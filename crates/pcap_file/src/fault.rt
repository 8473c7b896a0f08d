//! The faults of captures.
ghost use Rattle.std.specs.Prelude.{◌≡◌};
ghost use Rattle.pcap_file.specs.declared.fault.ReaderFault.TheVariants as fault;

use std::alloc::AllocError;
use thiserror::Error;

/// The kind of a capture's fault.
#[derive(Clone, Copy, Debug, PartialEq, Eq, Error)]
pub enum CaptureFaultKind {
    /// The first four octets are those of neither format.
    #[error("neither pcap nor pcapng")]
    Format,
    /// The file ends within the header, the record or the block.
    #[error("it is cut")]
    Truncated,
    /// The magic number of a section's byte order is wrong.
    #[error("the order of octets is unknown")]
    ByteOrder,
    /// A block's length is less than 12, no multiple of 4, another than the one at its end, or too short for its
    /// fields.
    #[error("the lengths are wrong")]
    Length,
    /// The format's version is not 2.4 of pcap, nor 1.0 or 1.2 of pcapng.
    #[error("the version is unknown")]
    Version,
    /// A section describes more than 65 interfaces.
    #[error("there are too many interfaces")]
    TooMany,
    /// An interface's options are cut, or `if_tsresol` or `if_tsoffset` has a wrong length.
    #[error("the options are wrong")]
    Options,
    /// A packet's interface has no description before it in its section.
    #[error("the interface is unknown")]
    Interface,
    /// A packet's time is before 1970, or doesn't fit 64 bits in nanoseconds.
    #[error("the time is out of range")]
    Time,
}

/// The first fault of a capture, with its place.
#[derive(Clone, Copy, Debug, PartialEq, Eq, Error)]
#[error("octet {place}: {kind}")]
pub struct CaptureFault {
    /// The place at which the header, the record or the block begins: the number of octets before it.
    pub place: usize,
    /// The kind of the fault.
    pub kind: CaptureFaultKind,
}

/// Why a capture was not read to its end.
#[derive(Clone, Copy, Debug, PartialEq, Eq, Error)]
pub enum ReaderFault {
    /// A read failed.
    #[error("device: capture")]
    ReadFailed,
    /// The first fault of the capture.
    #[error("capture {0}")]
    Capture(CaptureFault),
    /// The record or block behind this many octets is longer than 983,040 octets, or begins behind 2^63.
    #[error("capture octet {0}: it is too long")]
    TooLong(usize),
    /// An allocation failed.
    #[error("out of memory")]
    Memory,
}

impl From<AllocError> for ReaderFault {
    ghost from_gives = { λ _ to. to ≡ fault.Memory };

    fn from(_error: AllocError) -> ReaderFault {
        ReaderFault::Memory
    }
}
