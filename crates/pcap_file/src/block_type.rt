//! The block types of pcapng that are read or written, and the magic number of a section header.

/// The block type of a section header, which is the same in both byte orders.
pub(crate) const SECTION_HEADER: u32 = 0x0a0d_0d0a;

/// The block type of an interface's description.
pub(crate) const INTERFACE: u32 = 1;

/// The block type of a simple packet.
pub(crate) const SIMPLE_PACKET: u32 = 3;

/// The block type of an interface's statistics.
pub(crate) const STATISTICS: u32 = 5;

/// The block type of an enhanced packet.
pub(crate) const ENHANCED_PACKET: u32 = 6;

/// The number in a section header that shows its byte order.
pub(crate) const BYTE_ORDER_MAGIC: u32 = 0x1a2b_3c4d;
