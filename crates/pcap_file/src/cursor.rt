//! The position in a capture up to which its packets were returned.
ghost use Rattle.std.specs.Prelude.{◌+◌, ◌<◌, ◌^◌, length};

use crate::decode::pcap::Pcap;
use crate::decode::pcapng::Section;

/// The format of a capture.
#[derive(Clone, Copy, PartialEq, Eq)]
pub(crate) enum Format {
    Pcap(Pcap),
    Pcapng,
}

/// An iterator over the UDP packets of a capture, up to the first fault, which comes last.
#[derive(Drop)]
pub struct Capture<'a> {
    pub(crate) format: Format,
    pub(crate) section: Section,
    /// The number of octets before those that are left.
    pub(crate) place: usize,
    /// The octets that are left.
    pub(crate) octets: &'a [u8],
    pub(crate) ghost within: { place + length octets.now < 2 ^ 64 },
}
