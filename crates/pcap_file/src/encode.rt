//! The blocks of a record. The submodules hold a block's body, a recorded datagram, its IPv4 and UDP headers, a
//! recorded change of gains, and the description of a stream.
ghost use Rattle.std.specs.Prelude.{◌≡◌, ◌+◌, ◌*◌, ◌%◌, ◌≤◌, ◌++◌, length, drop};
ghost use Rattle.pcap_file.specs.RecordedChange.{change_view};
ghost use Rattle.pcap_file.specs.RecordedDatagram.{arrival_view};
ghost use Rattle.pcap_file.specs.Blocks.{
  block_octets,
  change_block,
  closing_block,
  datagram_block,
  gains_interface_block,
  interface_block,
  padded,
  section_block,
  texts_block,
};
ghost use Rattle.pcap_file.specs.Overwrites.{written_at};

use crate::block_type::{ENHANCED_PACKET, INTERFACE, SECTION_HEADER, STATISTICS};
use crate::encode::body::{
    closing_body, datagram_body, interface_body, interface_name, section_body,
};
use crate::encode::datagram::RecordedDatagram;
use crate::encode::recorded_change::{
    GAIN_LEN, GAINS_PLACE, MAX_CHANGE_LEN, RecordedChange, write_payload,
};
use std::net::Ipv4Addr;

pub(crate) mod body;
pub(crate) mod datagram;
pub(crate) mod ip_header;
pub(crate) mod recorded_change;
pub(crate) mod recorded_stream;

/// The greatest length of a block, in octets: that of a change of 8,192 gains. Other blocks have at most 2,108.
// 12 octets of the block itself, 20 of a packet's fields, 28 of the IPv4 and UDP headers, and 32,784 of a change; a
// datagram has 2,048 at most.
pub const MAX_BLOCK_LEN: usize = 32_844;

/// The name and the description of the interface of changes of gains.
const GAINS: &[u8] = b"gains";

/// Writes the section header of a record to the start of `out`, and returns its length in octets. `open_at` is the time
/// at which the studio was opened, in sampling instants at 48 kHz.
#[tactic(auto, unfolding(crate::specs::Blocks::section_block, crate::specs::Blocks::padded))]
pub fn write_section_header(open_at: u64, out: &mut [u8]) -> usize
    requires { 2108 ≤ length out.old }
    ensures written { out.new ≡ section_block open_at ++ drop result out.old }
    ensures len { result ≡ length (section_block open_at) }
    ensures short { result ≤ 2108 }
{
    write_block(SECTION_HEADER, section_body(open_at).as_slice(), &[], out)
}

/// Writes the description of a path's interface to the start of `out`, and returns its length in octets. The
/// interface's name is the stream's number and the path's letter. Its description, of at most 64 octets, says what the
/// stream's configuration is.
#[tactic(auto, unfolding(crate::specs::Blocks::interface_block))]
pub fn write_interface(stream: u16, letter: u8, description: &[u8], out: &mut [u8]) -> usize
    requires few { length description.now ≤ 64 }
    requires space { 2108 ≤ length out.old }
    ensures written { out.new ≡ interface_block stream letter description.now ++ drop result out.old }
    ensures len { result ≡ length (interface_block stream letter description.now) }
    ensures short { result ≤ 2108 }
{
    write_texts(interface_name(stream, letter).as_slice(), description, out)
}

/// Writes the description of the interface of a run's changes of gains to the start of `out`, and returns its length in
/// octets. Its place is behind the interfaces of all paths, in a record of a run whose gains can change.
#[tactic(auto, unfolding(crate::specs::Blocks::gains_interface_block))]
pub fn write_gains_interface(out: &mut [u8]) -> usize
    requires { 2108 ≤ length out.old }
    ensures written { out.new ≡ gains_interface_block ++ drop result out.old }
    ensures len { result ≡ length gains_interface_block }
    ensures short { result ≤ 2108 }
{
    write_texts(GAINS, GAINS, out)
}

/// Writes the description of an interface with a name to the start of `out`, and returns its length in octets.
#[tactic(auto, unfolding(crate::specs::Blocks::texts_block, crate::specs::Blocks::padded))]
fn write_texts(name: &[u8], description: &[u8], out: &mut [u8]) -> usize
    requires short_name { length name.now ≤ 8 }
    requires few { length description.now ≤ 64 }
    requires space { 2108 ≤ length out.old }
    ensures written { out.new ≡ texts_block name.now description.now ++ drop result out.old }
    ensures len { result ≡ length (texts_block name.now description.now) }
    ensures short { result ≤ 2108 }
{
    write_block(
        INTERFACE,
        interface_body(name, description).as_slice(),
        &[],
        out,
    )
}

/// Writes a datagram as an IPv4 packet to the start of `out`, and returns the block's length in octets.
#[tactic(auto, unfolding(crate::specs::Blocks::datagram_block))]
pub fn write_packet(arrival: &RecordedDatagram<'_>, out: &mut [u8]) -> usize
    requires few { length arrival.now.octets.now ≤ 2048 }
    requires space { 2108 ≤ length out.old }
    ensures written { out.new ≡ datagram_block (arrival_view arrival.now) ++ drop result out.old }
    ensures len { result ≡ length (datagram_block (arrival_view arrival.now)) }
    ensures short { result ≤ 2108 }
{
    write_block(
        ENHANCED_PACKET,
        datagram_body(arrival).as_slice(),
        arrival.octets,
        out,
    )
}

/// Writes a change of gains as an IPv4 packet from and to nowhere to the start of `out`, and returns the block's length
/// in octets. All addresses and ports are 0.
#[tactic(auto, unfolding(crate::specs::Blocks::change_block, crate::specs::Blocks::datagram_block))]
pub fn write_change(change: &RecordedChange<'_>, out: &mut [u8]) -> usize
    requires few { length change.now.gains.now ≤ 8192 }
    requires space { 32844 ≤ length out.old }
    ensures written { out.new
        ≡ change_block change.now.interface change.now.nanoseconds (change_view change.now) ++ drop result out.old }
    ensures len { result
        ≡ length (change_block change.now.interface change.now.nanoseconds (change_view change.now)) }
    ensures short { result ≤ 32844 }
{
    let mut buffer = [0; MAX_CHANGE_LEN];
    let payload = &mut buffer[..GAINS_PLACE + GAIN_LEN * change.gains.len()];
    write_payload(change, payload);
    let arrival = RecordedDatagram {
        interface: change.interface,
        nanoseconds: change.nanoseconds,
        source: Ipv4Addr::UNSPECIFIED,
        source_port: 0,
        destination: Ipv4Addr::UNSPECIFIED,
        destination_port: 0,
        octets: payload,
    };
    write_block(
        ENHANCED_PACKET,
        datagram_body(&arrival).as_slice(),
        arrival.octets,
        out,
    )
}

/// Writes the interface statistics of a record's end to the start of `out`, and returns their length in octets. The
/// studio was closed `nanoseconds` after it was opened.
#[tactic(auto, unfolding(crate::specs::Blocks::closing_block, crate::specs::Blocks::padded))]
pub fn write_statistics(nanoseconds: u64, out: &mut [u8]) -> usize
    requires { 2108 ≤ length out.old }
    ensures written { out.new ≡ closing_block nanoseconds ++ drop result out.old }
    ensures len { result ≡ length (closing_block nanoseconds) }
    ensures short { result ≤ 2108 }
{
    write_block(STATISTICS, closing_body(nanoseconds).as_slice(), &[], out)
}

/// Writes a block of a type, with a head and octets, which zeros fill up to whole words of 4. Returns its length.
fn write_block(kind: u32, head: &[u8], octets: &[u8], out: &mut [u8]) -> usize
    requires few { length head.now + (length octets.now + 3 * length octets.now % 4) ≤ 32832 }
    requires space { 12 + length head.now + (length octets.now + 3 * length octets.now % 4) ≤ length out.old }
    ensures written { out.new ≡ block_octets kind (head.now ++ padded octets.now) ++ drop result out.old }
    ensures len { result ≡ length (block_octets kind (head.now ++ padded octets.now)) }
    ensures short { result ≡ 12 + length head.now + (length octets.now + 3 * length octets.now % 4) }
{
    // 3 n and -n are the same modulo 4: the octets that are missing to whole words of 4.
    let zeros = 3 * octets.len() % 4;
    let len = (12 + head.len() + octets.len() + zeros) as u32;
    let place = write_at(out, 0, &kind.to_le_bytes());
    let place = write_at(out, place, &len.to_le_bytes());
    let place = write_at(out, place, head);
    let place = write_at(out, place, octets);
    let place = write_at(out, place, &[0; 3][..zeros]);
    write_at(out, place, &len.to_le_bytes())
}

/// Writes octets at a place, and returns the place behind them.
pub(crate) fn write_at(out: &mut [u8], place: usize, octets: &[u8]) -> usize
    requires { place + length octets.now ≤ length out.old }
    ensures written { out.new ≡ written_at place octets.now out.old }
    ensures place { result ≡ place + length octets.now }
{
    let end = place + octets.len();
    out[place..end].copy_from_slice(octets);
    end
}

WORK INSTRUCTIONS — Every line of the material above that includes the string "whole" is required.

RESPONSE BOX —
/// Writes a block of a type, with a head and octets, which zeros fill up to whole words of 4. Returns its length.
    // 3 n and -n are the same modulo 4: the octets that are missing to whole words of 4.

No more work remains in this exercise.